### Given records
// Sessions with files of mode number 3, as transcripts: a command that has read one to its end erases it.
use crate::transcript::check_sessions;
use std::test::Fail;

// A range that has the last record erases the file, and no other does.
const TYPED: &str = "# once
> TYPE P FILE A 1 1
X
R;
> TYPE P FILE A
X
Y
R;
> STATE P FILE A
CMS002E File P FILE A not found
R(00028);
> TYPE W FILE A 3 (COL 1-2
TH
R;
> STATE W FILE A
CMS002E File W FILE A not found
R(00028);
> TYPE K FILE A
X
R;
> STATE K FILE A4
R;
# once
> TYPE P FILE A 2 99
Y
R;
> LISTFILE * * A
K        FILE     A4
W        FILE     A3
R;
> TYPE W FILE A 1 2
ONE{ *2}
TWO{ *2}
R;
> TYPE W FILE A 2 3
TWO{ *2}
THREE
R;
> LISTFILE * * A
K        FILE     A4
R;
";

// Fewer records than are asked for, none of them, and those of a file whose name another has then.
const STACKED: &str = "# once
> EXECIO 1 DISKR P FILE A
R;
CMS001E Unknown command X
R(-0003);
> EXECIO 2 DISKR P FILE A 2
R(00002);
CMS001E Unknown command Y
R(-0003);
> STATE P FILE A
CMS002E File P FILE A not found
R(00028);
> EXECIO 1 DISKW P FILE A (STRING Z
R;
> EXECIO * DISKR P FILE A
R;
CMS001E Unknown command Z
R(-0003);
> STATE P FILE A1
R;
> EXECIO 1 DISKR W FILE A 4
R(00002);
> EXECIO 0 DISKR W FILE A 4
R;
> EXECIO 2 DISKR W FILE A
R;
CMS001E Unknown command ONE
R(-0003);
CMS001E Unknown command TWO
R(-0003);
> STATE W FILE A
R;
> EXECIO 1 DISKR W FILE A 3 (FINIS
R;
CMS001E Unknown command THREE
R(-0003);
> STATE W FILE A
CMS002E File W FILE A not found
R(00028);
> EXECIO * DISKR K FILE A
R;
CMS001E Unknown command X
R(-0003);
> STATE K FILE A4
R;
# once
> EXECIO * DISKR W FILE A 2 (LIFO
R;
CMS001E Unknown command THREE
R(-0003);
CMS001E Unknown command TWO
R(-0003);
> STATE W FILE A
CMS002E File W FILE A not found
R(00028);
";

// A disk that may only be read keeps its files, and so does a command that reads none of their records.
const KEPT: &str = "# once
> ACCESS 191 A/A
CMS723I A (191) R/O
R;
> TYPE P FILE A
X
Y
R;
> EXECIO * DISKR P FILE A
R;
CMS001E Unknown command X
R(-0003);
CMS001E Unknown command Y
R(-0003);
> STATE P FILE A
R;
# second + once: 191,512,rw,A 192,512,ro,B
> ACCESS 192 B
CMS723I B (192) R/O
R;
> TYPE P FILE B
X
Y
R;
> STATE P FILE B
R;
# once
@ G
| &TRACE OFF
| &TYPE HELLO
> RENAME G EXEC A G EXEC A3
R;
> G
HELLO
R;
> LISTFILE G EXEC A
G        EXEC     A3
R;
";

// Where the erasure is refused the file stays: what was typed or stacked stays so too, and reading goes on where it did before.
const FULL: &str = "# once, none free
> TYPE P FILE A 1 1
X
R;
> TYPE P FILE A
X
Y
CMS107E Disk A is full, 1 blocks needed, 0 free
R(00100);
> EXECIO 3 DISKR P FILE A
CMS107E Disk A is full, 1 blocks needed, 0 free
R(00100);
CMS001E Unknown command X
R(-0003);
CMS001E Unknown command Y
R(-0003);
> STATE P FILE A
R;
# second + once, none free
@ G
| &TRACE OFF
| EXECIO 1 DISKR P FILE B
| EXECIO 1 DISKR P FILE B
| &TYPE &RETCODE
| EXECIO * DISKR P FILE B (FINIS
| EXECIO 1 DISKR P FILE B
> ACCESS 192 B
R;
> G
CMS107E Disk B is full, 1 blocks needed, 0 free
100
CMS107E Disk B is full, 1 blocks needed, 0 free
CMS107E Disk B is full, 1 blocks needed, 0 free
R;
CMS001E Unknown command X
R(-0003);
CMS001E Unknown command Y
R(-0003);
CMS001E Unknown command Y
R(-0003);
CMS001E Unknown command Y
R(-0003);
> STATE P FILE B
R;
";

// The first write of the erasure fails: the volume is as it was.
const FAILED: &str = "# once: 191,512,rw,A
^ 12
> TYPE P FILE A
X
Y
CMS105E Device fault on 191
R(00100);
> STATE P FILE A
R;
";

// It has one record more than the program stack holds lines.
const LIMITED: &str = "# new: 191,512,n200,BIG
> FORMAT 191 A
CMS603R FORMAT will erase all files on disk A (191). Go on? Enter YES or NO
> YES
CMS605R Enter disk label
> BIG
CMS733I 200 blocks formatted on A (191)
R;
> EXECIO 10000 DISKW BIG FILE A (STRING *
R;
> EXECIO 1 DISKW BIG FILE A (STRING *
R;
> RENAME BIG FILE A BIG FILE A3
R;
> EXECIO * DISKR BIG FILE A
CMS120E Limit 4 reached
R(00040);
> STATE BIG FILE A
R;
";

// A procedure reads one to its end in three statements; the place where it stopped isn't kept for a file that has the name then.
const READ_ON: &str = "# once
@ G
| &TRACE OFF
| EXECIO 1 DISKR W FILE A
| &READ ARGS
| &TYPE &1
| EXECIO 1 DISKR W FILE A
| &READ ARGS
| &TYPE &1
| EXECIO 1 DISKR W FILE A
| &READ ARGS
| &TYPE &1
| STATE W FILE A
| &TYPE &RETCODE
| EXECIO 1 DISKW W FILE A (STRING NEW
| EXECIO 1 DISKR W FILE A
| &READ ARGS
| &TYPE &1
> G
ONE
TWO
THREE
CMS002E File W FILE A not found
28
NEW
R;
";

// COPYFILE erases each such file behind its copy, whichever place it has then; not where some of its records aren't read, nor one that is its
// own output or stands on a disk that may only be read. Where the erasure is refused, the copy is there and its line isn't typed.
const COPIED: &str = "# texts + blank
> COPYFILE ALPHA TEXT A P FILE A3
R;
> COPYFILE BETA DATA A Q FILE A3
R;
> COPYFILE ALSO TEXT A R FILE A1
R;
> ACCESS 192 B
R;
> COPYFILE * * A = = B (TYPE
ALPHA TEXT A1 TO ALPHA TEXT B1
BETA DATA A2 TO BETA DATA B2
ALSO TEXT A0 TO ALSO TEXT B0
P FILE A3 TO P FILE B3
Q FILE A3 TO Q FILE B3
R FILE A1 TO R FILE B1
R;
> LISTFILE * * A
ALPHA    TEXT     A1
BETA     DATA     A2
ALSO     TEXT     A0
R        FILE     A1
R;
> LISTFILE * FILE B
P        FILE     B3
Q        FILE     B3
R        FILE     B1
R;
> COPYFILE P FILE B (RECFM F LRECL 8 TYPE
P FILE B3 TO P FILE B3
R;
> COPYFILE P FILE B = = = (APPEND TYPE
P FILE B3 TO P FILE B3
R;
> LISTFILE P FILE B (ALLOC NOHEADER
P        FILE     B3 F     8        4        1
R;
> COPYFILE * FILE B3 P FILE B (REPLACE TYPE
P FILE B3 TO P FILE B3
Q FILE B3 TO P FILE B3
R;
> LISTFILE * FILE B
P        FILE     B3
R        FILE     B1
R;
# texts + blank
> COPYFILE BETA DATA A Q FILE A3
R;
> COPYFILE Q FILE A Q PART A (FROM 2 FOR 2
R;
> COPYFILE Q FILE A Q PART A (APPEND FOR 3 TYPE
Q FILE A3 TO Q PART A3
R;
> COPYFILE Q FILE A ALPHA TEXT A
CMS024E File ALPHA TEXT A already exists
R(00028);
> COPYFILE Q FILE A NEW TEXT A (FROM 5
CMS121E File has only 4 records
R(00024);
> STATE Q FILE A
R;
> COPYFILE Q FILE A Q PART A (APPEND FROM 2 FOR 3 TYPE
Q FILE A3 TO Q PART A3
R;
> STATE Q FILE A
CMS002E File Q FILE A not found
R(00028);
> LISTFILE Q PART A (ALLOC NOHEADER
Q        PART     A3 V     4        8        1
R;
> COPYFILE Q PART A Q END A (FROM 8 FOR 9
R;
> LISTFILE Q * A
Q        END      A3
R;
> ACCESS 191 A/A
CMS723I A (191) R/O
R;
> ACCESS 192 B
R;
> COPYFILE Q END A = = B (TYPE
Q END A3 TO Q END B3
R;
> LISTFILE Q END *
Q        END      A3
Q        END      B3
R;
# once, none free + blank
> ACCESS 192 B
R;
> COPYFILE * * A = = B (TYPE
CMS107E Disk A is full, 1 blocks needed, 0 free
R(00100);
> LISTFILE * * *
P        FILE     A3
W        FILE     A3
K        FILE     A4
P        FILE     B3
R;
";

#[test]
fn files_of_number_three_are_read_once(rt: HostRuntime) -> Result<(), Fail> {
    check_sessions(
        &rt,
        rt.alloc(),
        &[TYPED, STACKED, KEPT, FULL, FAILED, LIMITED, READ_ON, COPIED],
    )
}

### Assignment
Report every line in the listing that holds the word "STRING".

### Task output
> EXECIO 1 DISKW P FILE A (STRING Z
> EXECIO 10000 DISKW BIG FILE A (STRING *
> EXECIO 1 DISKW BIG FILE A (STRING *
| EXECIO 1 DISKW W FILE A (STRING NEW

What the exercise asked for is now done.